▶ [HOW TO COMPLETE THIS TASK]: Scan the lines below for the string "into" and copy every one that has it.
(EXTRACTED MATERIAL begins)
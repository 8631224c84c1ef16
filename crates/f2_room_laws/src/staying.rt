//! The row of a file in fsync.
ghost use Rattle.f2_room_laws.specs.Staying.{RowsStayInFsync};

/// As long as a seat has a file in fsync, whatever happens leaves the row that calls see of it. So the row
/// that the fsync marks is the one that it began with.
pub fn rows_stay_in_fsync()
    ensures { RowsStayInFsync }
{}
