// How bytes are written into a lent output, and what a call that writes gives back. Each function is total, and one that has no room writes
// nothing.
#![tactic(auto)]

ghost use Rattle.std.specs.Prelude.{◌≡◌, ◌%◌, ◌^◌, [], ◌∷◌, length};
ghost use Rattle.form.specs.Kind.{numeral, blanks};
ghost use Rattle.listing.specs.Records.{pad};
ghost use Rattle.listing.specs.Endings.{refuses};
ghost use Rattle.output.specs.Writing.{over_if_room, written_of};
ghost use Rattle.layout.specs.Cells.{letter_of};

use fields::fixed;
use verdict::Verdict;

// What a call that writes gives back: the verdict, and how many bytes it wrote; a refused call has written none. That 0 is told too, so this is no
// `Result`.
#[derive(Clone, Copy)]
pub struct Written {
    pub verdict: Verdict,
    pub length: usize,
}

// What a refused call gives back.
pub fn refused(v: Verdict) -> Written
    ensures { result ≡ written_of (refuses v) }
{
    Written {
        verdict: v,
        length: 0,
    }
}

// The letter of A, or of C.
pub fn letter(head: bool) -> u8
    ensures { letter_of head ≡ result ∷ [] }
{
    if head {
        return fixed::LETTER_A[0];
    }
    fixed::LETTER_C[0]
}

// The field t made w wide, into the output from p on.
#[tactic(auto, using(listing::proofs::LineLaws::pad_length, crate::proofs::WritingLaws::pad_over), unfolding(crate::specs::Writing::over_if_room))]
pub fn put(out: &mut [u8], p: usize, t: &[u8], w: usize)
    ensures { out.new ≡ over_if_room p (pad w t.now) out.old }
{
    if !fields::whole(out.len(), p, w) {
        return;
    }
    let n = t.len().min(w);
    out[p..p + n].copy_from_slice(&t[..n]);
    out[p + n..p + w].fill(b' ');
}

// The bytes of t as they are, into the output from p on: byte by byte, since they are few and the library then calls no function of C for them.
#[tactic(auto, using(crate::proofs::WritingLaws::writing_start, crate::proofs::WritingLaws::writing_end), unfolding(crate::specs::Writing::over_if_room))]
pub fn copy(out: &mut [u8], p: usize, t: &[u8])
    ensures { out.new ≡ over_if_room p t.now out.old }
{
    if !fields::whole(out.len(), p, t.len()) {
        return;
    }
    for i in 0..t.len() {
        out[p + i] = t[i];
    }
}

// The last w digits of v, into the output from p on.
#[tactic(auto, using(form::proofs::KindLaws::numeral_length, crate::proofs::DigitLaws::digit_by_digit), unfolding(crate::specs::Writing::over_if_room))]
pub fn put_number(out: &mut [u8], p: usize, v: u64, w: usize)
    ensures { out.new ≡ over_if_room p (numeral w (v % 10 ^ w)) out.old }
{
    if !fields::whole(out.len(), p, w) {
        return;
    }
    let mut left = v;
    for i in (0..w).rev() {
        out[p + i] = b'0' + (left % 10) as u8;
        left /= 10;
    }
}

// The whole output made blank.
pub fn blank(out: &mut [u8])
    ensures { out.new ≡ blanks (length out.old) }
{
    out.fill(b' ');
}
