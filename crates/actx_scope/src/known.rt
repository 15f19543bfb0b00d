//! The declarations that are known at a place, in a table, so that each look-up takes the same time however many there are.

ghost use Rattle.std.specs.Prelude.{◌≡◌, ◌∷◌, ◌-◌, ◌++◌, [], Some, IsSome, OnOk, drop, length};
ghost use Rattle.std.specs.HashMap.{get, Updates};
ghost use Rattle.actx_grammar.specs.Static.{same_name};
ghost use Rattle.actx_scope.specs.Found.{found, outer_part};
ghost use Rattle.actx_scope.specs.Tables.{looked_up};

use super::declared::Declared;
use actx_data::{NoMemory, Twin};
use actx_grammar::name::Name;
use indexmap::IndexMap;
use std::alloc::Global;
use std::marker::Model;

/// A name that was declared, with its node and the node that its name had before.
#[derive(Drop)]
pub struct Hidden {
    pub name: Name,
    pub node: u64,
    pub before: Option<u64>,
}

/// The declarations that are known, seen as their list, the innermost first.
#[derive(Drop)]
pub struct Known {
    table: IndexMap<Name, Option<u64>>,
    log: Vec<Hidden>,
}

impl Model for Known {
    ghost use Rattle.std.specs.Prelude.{List, []};
    ghost use Rattle.actx_grammar.specs.Static as spec;

    ghost Value = { List spec.Declared };

    ghost use Rattle.actx_scope.specs.Tables.{stacked, Fits};

    ghost view = { λ k. stacked [] k.log.items };

    ghost invariant = { λ k. Fits k.table k.log.items };
}

/// What a table has for a name.
fn look_up(table: &IndexMap<Name, Option<u64>>, name: &Name) -> Option<u64>
    ensures { result ≡ looked_up table.now name.now }
{
    match table.get(name) {
        Some(node) => *node,
        None => None,
    }
}

/// Gives a name back what it had before it was declared.
fn put_back(table: &mut IndexMap<Name, Option<u64>>, hidden: Hidden)
    ensures { IsSome (get same_name table.old hidden.name) → Updates same_name table.old table.new hidden.name (Some hidden.before) }
{
    if let Some(node) = table.get_mut(&hidden.name) {
        *node = hidden.before;
    }
}

impl Known {
    /// No declarations; no memory is taken.
    pub fn new(alloc: Global) -> Known
        ensures { result ≡ [] }
    {
        Known {
            table: IndexMap::new(alloc),
            log: Vec::new(alloc),
        }
    }

    /// The node of the innermost declaration of a name, where one is known.
    pub fn find(&self, name: &Name) -> Option<u64>
        ensures { result ≡ found self.now name.now }
    {
        look_up(&self.table, name)
    }

    /// How many declarations are known.
    pub fn len(&self) -> usize
        ensures { result ≡ length self.now }
    {
        self.log.len()
    }

    /// One more declaration is known, the innermost. Errors: `NoMemory`.
    pub fn declare(&mut self, alloc: Global, declared: Declared) -> Result<(), NoMemory>
        ensures { OnOk result (self.new ≡ declared ∷ self.old) }
    {
        let Declared { name, node } = declared;
        let before = look_up(&self.table, &name);
        let key = name.copy(alloc)?;
        self.log.reserve(1)?;
        self.table.insert(key, Some(node))?;
        self.log.push(Hidden { name, node, before })?;
        Ok(())
    }

    /// The innermost declaration is no longer known, where there is one.
    fn forget(&mut self)
        ensures { self.new ≡ drop 1 self.old }
    {
        if let Some(hidden) = self.log.pop() {
            put_back(&mut self.table, hidden);
        }
    }

    /// Only the outermost declarations stay known, this many.
    pub fn leave(&mut self, count: usize)
        ensures { self.new ≡ outer_part count self.old }
    {
        while self.len() > count {
            self.forget();
        }
    }
}

/// Makes declarations known, the first of them innermost.
pub fn declare_all(alloc: Global, known: &mut Known, names: Vec<Declared>) -> Result<(), NoMemory>
    ensures { OnOk result (known.new ≡ names.items ++ known.old) }
{
    let mut rest = names;
    while let Some(name) = rest.pop() {
        known.declare(alloc, name)?;
    }
    Ok(())
}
(EXTRACTED MATERIAL ends)
▶ [RESULT FOR THIS EXERCISE]:
// How bytes are written into a lent output, and what a call that writes gives back. Each function is total, and one that has no room writes
// The field t made w wide, into the output from p on.
// The bytes of t as they are, into the output from p on: byte by byte, since they are few and the library then calls no function of C for them.
// The last w digits of v, into the output from p on.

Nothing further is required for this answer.